Letting this rip for a full harvest will take a while, and will take up ~10G of space (although less bandwidth since the content is compressed).

Being a friendly client

First and foremost, please do not multi-thread your requests.

Please put a little delay in between requests. A few 100ms should be enough; the sample harvester uses 500ms – which should be as much as we need.

If you send an HTTP header “Accept-Encoding: gzip,deflate”, CrystalEye will send the content compressed (and you’ll need to gunzip it at the client end). This can save a lot of bandwidth, which helps.

Agents & Eyeballs

October 2, 2007

Peter has mentioned that we’ve been writing a bid to the JISC Capital Call. Well, it’s in, but no thanks at all to OpenOffice, NeoOffice or Word. I manage to avoid using word processors for most of my working life, and writing and collating this bid has been a pointed reminder why. Word 2004 for Mac wouldn’t read Word 2003 files at all and only read bits of Word XP, Word 95 etc etc etc files. I did most of the work in OpenOffice (on linux, neooffice on mac), which did it’s utmost to make Word look good by crashing regularly.

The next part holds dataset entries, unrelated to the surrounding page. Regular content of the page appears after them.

// The relaxed route of a subproblem: the first route from s to t with every required and no forbidden belt, rules left aside.
//
// A backward pass over the words of a plan finds the cheapest way on from each junction, and its first belt (ways::ways_to). A forward walk along these
// first belts gives the route. Nothing is read of the plan's bytes.
//
// The answer has the cost of the route, if it is within a bound, how many belts it has, and which named ones. The belts themselves stay in an array
// that the caller lends: they are read only if the route becomes the best, or has to be compared with the best belt by belt (path::of_belts).
ghost use Rattle.std.specs.Prelude.{◌≡◌, ℕ, ◌^◌, ◌≤◌, ◌<◌, false, ◌&&◌, List, replicate, ltb};
ghost use Rattle.std.proofs.lemmas.List.Edits.{sets};
ghost use Rattle.plan.specs.Bounds.{max_junctions, max_named, max_steps};
ghost use Rattle.plan.specs.Plan.{Belt, plan_of, indices_of};
ghost use Rattle.plan.specs.Words.{way_limit, tail_place_at, named_at};
ghost use Rattle.route.specs.Routes.{wrong_ends};
ghost use Rattle.route.specs.Subproblems.{relaxed};
ghost use Rattle.route.specs.Values.{OfNamed, subproblem_in, at_most, summary_as, walked_of, Graph};
ghost use Rattle.route.specs.Ways.{bit, no_ways, Spared};
ghost use Rattle.route.specs.Walks.{Trail, Placing, walk_as};

use crate::path::Trip;
use crate::ways::Way;
use crate::{masks, ways};
use plan::bounds::{MAX_JUNCTIONS, MAX_RECORDS, MAX_STEPS};
use plan::words::{NAMED, NUMBERS, TAIL_PLACES, WAY_LIMIT};
use plan::{named, words};

// A subproblem: masks over the named belts of the plan, bit k for the belt at place k among them.
#[derive(Clone, Copy)]
pub struct Fixings {
    pub required: u64,
    pub forbidden: u64,
}

// A relaxed route: its cost, how many belts it has, and the mask of its named belts.
#[derive(Clone, Copy)]
pub struct Summary {
    pub cost: u64,
    pub count: usize,
    pub named: u64,
}

// Scratch space for relaxed routes, which a caller makes once and lends to each: the table of the pass, empty between calls, and the indices of the belts
// of the last route that was found, from the first place on.
#[derive(Clone, Copy)]
pub struct Scratch {
    ways: [Way; MAX_JUNCTIONS],
    pub walked: [u16; MAX_STEPS],
    pub ghost empty: { ways ≡ no_ways },
}

impl Scratch {
    pub fn new() -> Self
        ensures { result.walked ≡ replicate max_steps 0 }
    {
        Scratch {
            ways: [Way::EMPTY; MAX_JUNCTIONS],
            walked: [0; MAX_STEPS],
        }
    }
}

// A bound that every route keeps to, and that none costs as much as.
pub const UNBOUNDED: u64 = WAY_LIMIT - 1;

// A mask of named belts by their places as a mask in the order of tails: bit k of the answer is bit tail_place_at k of the mask.
fn in_order(numbers: &[u16; NUMBERS], mask: u64) -> u64
    requires { (named_at numbers.now ≤ max_named)
        × ((k : ℕ) → k < max_named → tail_place_at numbers.now k < max_named) }
    ensures { (result < 2 ^ max_named)
        × ((k : ℕ) → bit result k ≡ (ltb k (named_at numbers.now) && bit mask (tail_place_at numbers.now k))) }
{
    let mut due = 0;
    for k in 0..usize::from(numbers[NAMED]) {
        due += ((mask >> numbers[TAIL_PLACES + k]) % 2) << k;
    }
    due
}

// The walk forward from place s, where the table has a way on to place t: stores the indices of its belts in `walked`, from the first place on.
fn walk(
    places: &[u8; MAX_RECORDS],
    cost: u64,
    ways: &[Way; MAX_JUNCTIONS],
    s: usize,
    t: usize,
    walked: &mut [u16; MAX_STEPS],
) -> Summary
    requires { (t < max_junctions)
        × Placing places.now
        × ((r : List Belt) × Trail ways.now s t r) }
    ensures { (r : List Belt) → Trail ways.now s t r
        → (result ≡ walk_as places.now cost r)
        × (walked.new ≡ sets walked.old 0 (indices_of r)) }
{
    // How many links there are shows only at the last of them, so `count` is counted along.
    let mut count = 0;
    let mut seen = 0u64;
    let mut at = s;
    while at != t {
        let link = u64::from(ways[at].link);
        let belt = words::index(link);
        walked[count] = belt.0;
        count += 1;
        seen = masks::with(seen, named::place_of(places, belt));
        at = words::head(link);
    }
    Summary {
        cost,
        count,
        named: seen,
    }
}

// Clears what the pass left for the places from s on and before t.
fn clear(ways: &mut [Way; MAX_JUNCTIONS], s: usize, t: usize)
    requires { (s ≤ t)
        × (t ≤ max_junctions)
        × Spared s t ways.old }
    ensures { ways.new ≡ no_ways }
{
    ways[s..t].fill(Way::EMPTY);
}

// The relaxed route from s to t of a subproblem, if there is one that costs at most `bound`: the indices of its belts are stored in `scratch`, and what it
// has behind them does not change. `words`, `numbers` and `places` are made once for all subproblems of a plan: its belts as words (plan::words), and the
// places of its named belts (AcceptedPlan::named_places).
pub fn relaxed_route(
    words: &[u64],
    numbers: &[u16; NUMBERS],
    places: &[u8; MAX_RECORDS],
    trip: Trip,
    fixings: Fixings,
    bound: u64,
    scratch: &mut Scratch,
) -> Option<Summary>
    requires { ((b : List ℕ)
        × Graph b words.now numbers.now places.now
        × (wrong_ends (plan_of b) trip.s trip.t ≡ false)
        × OfNamed b fixings.required)
        × (bound < way_limit) }
    ensures { (b : List ℕ) → Graph b words.now numbers.now places.now
        → wrong_ends (plan_of b) trip.s trip.t ≡ false
        → OfNamed b fixings.required
        → (result ≡ summary_as b (at_most bound (relaxed (plan_of b) trip.s trip.t (subproblem_in b fixings))))
        × (scratch.new.walked
        ≡ walked_of (at_most bound (relaxed (plan_of b) trip.s trip.t (subproblem_in b fixings))) scratch.old.walked) }
{
    let s = trip.s as usize - 1;
    let t = trip.t as usize - 1;
    if t < s || fixings.required & fixings.forbidden != 0 {
        return None;
    }
    let due = in_order(numbers, fixings.required);
    let ways = &mut scratch.ways;
    let cost = ways::ways_to(words, numbers, due, fixings.forbidden, bound, s, t, ways);
    let walked = &mut scratch.walked;
    let summary = match cost {
        Some(cost) => Some(walk(places, cost, ways, s, t, walked)),
        None => None,
    };
    clear(ways, s, t);
    summary
}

I wonder if any CSS implementations are up to doing paragraph numbering and pagination on HTML? Otherwise I’m going to have to re-learn latex next time!

Thanks are due, though to those who commented on Peter’s blog, or wrote posts of their own in response. Although the JISC bids are largely marked on the quality of the bid itself, no-one who looks can doubt the community engagement and vitality, which were important components in the call for funding. So thanks to you all!

Hopefully I’ll get to write more about the project particulars in due course. We obviously don’t want to get scooped, but on the other hand this is interesting work that I’ve wanted to look at for a while, so we’ll look for other funding if we’re not successful with JISC.

Jumbo 5.4 released

September 25, 2007

The final release of Jumbo 5.4 is available from the sourceforge downloads page, or from the WWMM maven repository at http://wwmm.ch.cam.ac.uk/maven2/ with g:cml a:jumbo v:5.4

The code formerly known as CIFDOM is now in its new home at https://cml.svn.sourceforge.net/svnroot/cml/cifxml/trunk . The package for the library is now org.xmlcml.cif (rather than uk.co.demon.ursus.cif).

Maven users obtain the new package from the WWMM repo at http://wwmm.ch.cam.ac.uk/maven2/ groupId:cml artefactId:cifxml version:1.2-SNAPSHOT.

The latest CIFDOM code is still available from sourceforge or the WWMM repo g:cml a:cifdom v:1.1

Why InChIKey?

September 12, 2007

Egon Willighagen has posted on the release of the latest InChI software. Egon (and others) are concerned about the implementation, especially that InChIKeys aren’t guaranteed unique. At a more basic level, I’m wondering whether people agree with the stated needs for InChIKey.

Facilitate web searching
Even though Google are coping with InChI very well, having a representation of InChI that didn’t break standard tokenization routines, and that could be attractively included in prose would be handy.
Allow development of a web based lookup service
Not really sure what’s meant here. As Egon pointed out in the comments to his post, he already has one of these, and it didn’t require InChIKey!
Permit an InChI representation to be stored in fixed length fields make chemical structure database indexing easier
Because RDBMSs have such a hard time indexing VARCHAR? Really?
Allow verification of InChI strings after network transmission
This is not a problem that needs solving again – using MD5SUMs would do the same job.

I make that one out of four and would argue that the only problem with InChI is the length of the identifiers and the issues caused by the characters used. This could be solved by having a centralized service that assigned short HTTP URLs for InChIs, ensuring a one to one relationship between InChIs and shorthand URLs.